HOW TO COMPLETE THIS TASK
Count the lines below that hold the word "IsFrom" and say how many, with no other text.

··········

impl RowLog {
    ghost use Rattle.rel_base.specs.declared.nulls.Nulls.TheVariants.{Equal};

    /// The rows of a relation, all live, where NULL equals NULL.
    pub fn open(alloc: Global, relation: Relation, limits: Limits) -> Result<RowLog, AllocError>
        ensures { IfOk result (λ log. log ≡ opened Equal limits.rows relation) }
    {
        RowLog::open_with(alloc, relation, limits, Nulls::Equal)
    }

    /// The rows of a relation, all live, with this reading of NULL.
    ///
    /// The relation is coded column by column, which takes a step a cell. Each column's cells are let go as soon as they are coded, so that
    /// their memory serves the dictionaries. Where the relation has more rows than the limit, it is taken as it is, and no row can come.
    pub fn open_with(
        alloc: Global,
        relation: Relation,
        limits: Limits,
        nulls: Nulls,
    ) -> Result<RowLog, AllocError>
        ensures { IfOk result (λ log. log ≡ opened nulls limits.rows relation) }
    {
        let count = relation.len();
        let (names, cells) = relation.into_columns();
        let columns = columns_of(alloc, nulls, cells)?;
        RowLog::coded(alloc, names, count, columns, limits, nulls)
    }

    /// The rows of a relation as `open_with` has them, whose columns are coded beside each other by so many workers at most. One worker
    /// is the thread of the caller and no other. The codes are the same, however many there are.
    pub fn open_by<R: Threads + Sync>(
        rt: &R,
        alloc: Global,
        relation: Relation,
        limits: Limits,
        nulls: Nulls,
        workers: u8,
    ) -> Result<RowLog, AllocError>
        ensures { IfOk result (λ log. log ≡ opened nulls limits.rows relation) }
    {
        let count = relation.len();
        let (names, cells) = relation.into_columns();
        let columns = columns_by(rt, alloc, nulls, cells, workers)?;
        RowLog::coded(alloc, names, count, columns, limits, nulls)
    }

    // The log of so many rows, all live, whose columns these are.
    fn coded(
        alloc: Global,
        names: Row,
        count: usize,
        columns: Vec<Column>,
        limits: Limits,
        nulls: Nulls,
    ) -> Result<RowLog, AllocError>
        requires { (rows : List (List (List ℕ))) × AreCodedRows names nulls rows count columns.items }
        ensures { IfOk result (λ log. (rows : List (List (List ℕ))) → AreCodedRows names nulls rows count columns.items → log ≡ opened nulls limits.rows (record { names = names; rows = rows })) }
    {
        let live = vec![in alloc; true; count]?;
        Ok(RowLog {
            names,
            columns,
            live_len: live.len() as u32,
            live,
            limit: limits.rows,
            nulls,
            alloc,
        })
    }

    /// The names of the columns.
    pub fn names(&self) -> &Row
        ensures value { result.now ≡ self.now.names }
        ensures state { IsRowState self.now }
    {
        &self.names
    }

    /// How NULL is read.
    pub fn nulls(&self) -> Nulls
        ensures { result ≡ self.now.nulls }
    {
        self.nulls
    }

    /// The greatest row number that is given.
    pub fn limit(&self) -> u32
        ensures { result ≡ self.now.limit }
    {
        self.limit
    }

    /// The number that the next row gets, at most 1,000,001.
    pub fn next(&self) -> RowNo
        ensures value { result ≡ next self.now }
        ensures state { IsRowState self.now }
    {
        RowNo::of(self.live.len() as u32 + 1)
    }

    /// How many rows are live.
    pub fn live_len(&self) -> u32
        ensures value { result ≡ length self.now.live }
        ensures few { result < next self.now }
        ensures state { IsRowState self.now }
    {
        self.live_len
    }

    /// Whether the row is live: one that was never given is not.
    pub fn is_live(&self, number: RowNo) -> bool
        ensures value { result ≡ is_live self.now number }
        ensures given { result ≡ true → number < next self.now }
    {
        let place = (number.number() - 1) as usize;
        place < self.live.len() && self.live[place]
    }

    /// The columns in which two rows agree. It takes a step a column.
    pub fn agree(&self, i: RowNo, j: RowNo) -> ColSet
        requires first { i < next self.now }
        requires second { j < next self.now }
        requires apart { i ≢ j }
        ensures { result ≡ agree_of self.now i j }
    {
        agreement(
            &self.columns,
            self.nulls,
            (i.number() - 1) as usize,
            (j.number() - 1) as usize,
        )
    }

    /// The cell of a row in a column, counted from 0. Rows that are no longer live keep theirs.
    pub fn cell(&self, number: RowNo, column: u8) -> &Text
        requires given { number < next self.now }
        requires column { column < width self.now }
        ensures { result.now ≡ cell (row self.now number) column }
    {
        self.columns[column as usize].cell((number.number() - 1) as usize)
    }

    /// The cells that live rows have in a column, each once, NULL aside, in no order that is told.
    ///
    /// It takes a step a row and a distinct cell, and copies each distinct cell once.
    pub fn distinct_cells(&self, alloc: Global, column: u8) -> Result<Row, AllocError>
        requires { column < width self.now }
        ensures { IfOk result (λ cells. AreDistinctCells self.now column cells) }
    {
        self.columns[column as usize].flagged_cells(alloc, &self.live)
    }

    /// The cells that live rows have in each column, where they stand, to tell which columns are included in which.
    ///
    /// For each column it takes a byte a distinct cell, and a step a row until all its codes were met: where some cell is that of no live
    /// row, a step for each row ever given.
    pub fn live_cells<'a>(&'a self, alloc: Global) -> Result<LiveCells<'a>, AllocError>
        ensures { IfOk result (λ live. live ≡ self.now) }
    {
        let columns = marked_columns(alloc, &self.columns, &self.live)?;
        Ok(LiveCells {
            rows: self,
            columns,
        })
    }

    /// The rows at this moment, as codes.
    ///
    /// It shares the codes of older rows with the log and with other snapshots, and copies those of the last rows that came, a
    /// thousand a column at most, and a byte for each row that was ever given.
    pub fn snapshot(&self, alloc: Global) -> Result<Arc<Snapshot>, AllocError>
        ensures { IfOk result (λ snapshot. Shows snapshot.value self.now) }
    {
        let codes = handed_codes(alloc, &self.columns)?;
        let live = Vec::from_slice(alloc, &self.live)?;
        let snapshot = Snapshot::counted(codes, live, self.next(), self.live_len);
        Ok(Arc::new(alloc, snapshot)?)
    }

    /// Applies a batch, all of it or nothing.
    ///
    /// The operations are applied one after another. Where one fails or memory runs out, those before it are taken back, newest first,
    /// and so are the codes of their cells. It takes a step a cell of the batch, whatever the relation has, and once in a thousand rows
    /// that come a step a row for each column, to put their codes where snapshots share them.
    pub fn apply(&mut self, batch: &Batch) -> Applying
        requires { All (IsAsWide (width self.old)) batch.now }
        ensures { Answers self.old batch.now self.new result }
    {
        let answer = self.apply_all(batch);
        self.share();
        answer
    }

    // Applies a batch, and leaves the new codes beside those that snapshots share.
    fn apply_all(&mut self, batch: &Batch) -> Applying
        requires { All (IsAsWide (width self.old)) batch.now }
        ensures { Answers self.old batch.now self.new result }
    {
        let next = self.next().number();
        let live = self.live_len();
        let mut cursor = Cursor::start();
        for k in 0..batch.len() {
            if let Err(halt) = self.apply_one(batch, batch.change(cursor)) {
                self.take_back(batch, cursor);
                return halt.at(k);
            }
            cursor = batch.next(cursor);
        }
        let inserted = self.next().number() - next;
        Applying::Applied {
            inserted,
            deleted: live + inserted - self.live_len(),
        }
    }

    // Puts new codes where snapshots share them, if there are many.
    fn share(&mut self)
        ensures { self.new ≡ self.old }
    {
        share_codes(self.alloc, &mut self.columns);
    }

    /// Takes back the batch that was applied last: the row state before it stands again.
    ///
    /// It takes a step a cell of the batch, and no memory.
    pub fn undo(&mut self, batch: &Batch)
        requires { (r : RowState) × IsBefore batch.now self.old r }
        ensures { (r : RowState) → IsBefore batch.now self.old r → self.new ≡ r }
    {
        self.take_back(batch, batch.end());
    }

    // Applies one operation, or changes nothing.
    fn apply_one(&mut self, batch: &Batch, change: Change) -> Result<(), Halt>
        requires { IsAsWide (width self.old) (op_at (cells_of batch.now) change) }
        ensures { Outcome self.old (applied self.old (op_at (cells_of batch.now) change)) self.new result }
    {
        match change {
            Change::Insert(row) => self.insert(batch, row),
            Change::Delete(number) => self.delete(number),
            Change::Update(number, row) => self.update(number, batch, row),
        }
    }

    fn insert(&mut self, batch: &Batch, row: RowPlace) -> Result<(), Halt>
        requires { length (row_at (cells_of batch.now) row) ≡ width self.old }
        ensures { Outcome self.old (applied self.old (Insert (row_at (cells_of batch.now) row))) self.new result }
    {
        if self.is_full() {
            return Err(Halt::Failed(Why::Rows));
        }
        match self.push(batch, row) {
            Ok(()) => Ok(()),
            Err(_) => Err(Halt::Starved),
        }
    }

    fn delete(&mut self, number: RowNo) -> Result<(), Halt>
        ensures { Outcome self.old (applied self.old (Delete number)) self.new result }
    {
        if !self.is_live(number) {
            return Err(Halt::Failed(Why::Missing));
        }
        self.end(number);
        Ok(())
    }

    // The new row comes first, which is the step that can want memory.
    fn update(&mut self, number: RowNo, batch: &Batch, row: RowPlace) -> Result<(), Halt>
        requires { length (row_at (cells_of batch.now) row) ≡ width self.old }
        ensures { Outcome self.old (applied self.old (Update number (row_at (cells_of batch.now) row))) self.new result }
    {
        if !self.is_live(number) {
            return Err(Halt::Failed(Why::Missing));
        }
        self.insert(batch, row)?;
        self.end(number);
        Ok(())
    }

    // Whether no number is left.
    fn is_full(&self) -> bool
        ensures { result ≡ is_full self.now }
    {
        self.live.len() >= self.limit as usize
    }

    // A row with the next number comes.
    fn push(&mut self, batch: &Batch, row: RowPlace) -> Result<(), AllocError>
        requires wide { length (row_at (cells_of batch.now) row) ≡ width self.old }
        requires room { is_full self.old ≡ false }
        ensures pushed { OnOk result (self.new ≡ inserted self.old (row_at (cells_of batch.now) row)) }
        ensures refused { OnErr result (self.new ≡ self.old) }
    {
        self.live.reserve(1)?;
        push_row(&mut self.columns, self.live.len(), batch, row)?;
        append_live(&mut self.live);
        self.live_len += 1;
        Ok(())
    }

    // A live row ends.
    fn end(&mut self, number: RowNo)
        requires { is_live self.old number ≡ true }
        ensures { self.new ≡ deleted self.old number }
    {
        self.live[(number.number() - 1) as usize] = false;
        self.live_len -= 1;
    }

    // Takes back the operations of a batch before a place, which were applied, the last one first.
    fn take_back(&mut self, batch: &Batch, end: Cursor)
        requires cursor { IsCursor batch.now end }
        requires led { (r : RowState) × LeadsFrom (take (place_of end) batch.now) self.old r }
        ensures { (r : RowState) → LeadsFrom (take (place_of end) batch.now) self.old r → self.new ≡ r }
    {
        let mut cursor = end;
        while cursor.place() > 0 {
            cursor = batch.previous(cursor);
            self.take_back_one(batch.change(cursor));
        }
    }

    // Takes back the operation that was applied last, whatever the cells of its row.
    fn take_back_one(&mut self, change: Change)
        requires { (cells : List Cell) × (r : RowState) × IsFrom (op_at cells change) self.old r }
        ensures { (cells : List Cell) (r : RowState) → IsFrom (op_at cells change) self.old r → self.new ≡ r }
    {
        match change {
            Change::Insert(_) => self.pop(),
            Change::Delete(number) => self.revive(number),
            Change::Update(number, _) => {
                self.pop();
                self.revive(number);
            }
        }
    }

    // The row that came last goes, and its number is free again.
    fn pop(&mut self)
        requires { (r : RowState) × CameLast self.old r }
        ensures { (r : RowState) → CameLast self.old r → self.new ≡ r }
    {
        let rows = self.live.len() - 1;
        truncate_rows(&mut self.columns, rows);
        self.live.truncate(rows);
        self.live_len -= 1;
    }

    // The row that ended last is live again.
    fn revive(&mut self, number: RowNo)
        requires { (r : RowState) × IsEnded r number self.old }
        ensures { (r : RowState) → IsEnded r number self.old → self.new ≡ r }
    {
        self.live[(number.number() - 1) as usize] = true;
        self.live_len += 1;
    }
}
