//! The rows of a relation under batches, each cell as a code.
#![tactic(auto)]

mod applying;
mod codes;
mod column;
mod live;
mod row_log;
mod table;

pub use applying::Applying;
pub use live::LiveCells;
pub use row_log::RowLog;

··········

SOLUTION BELOW
2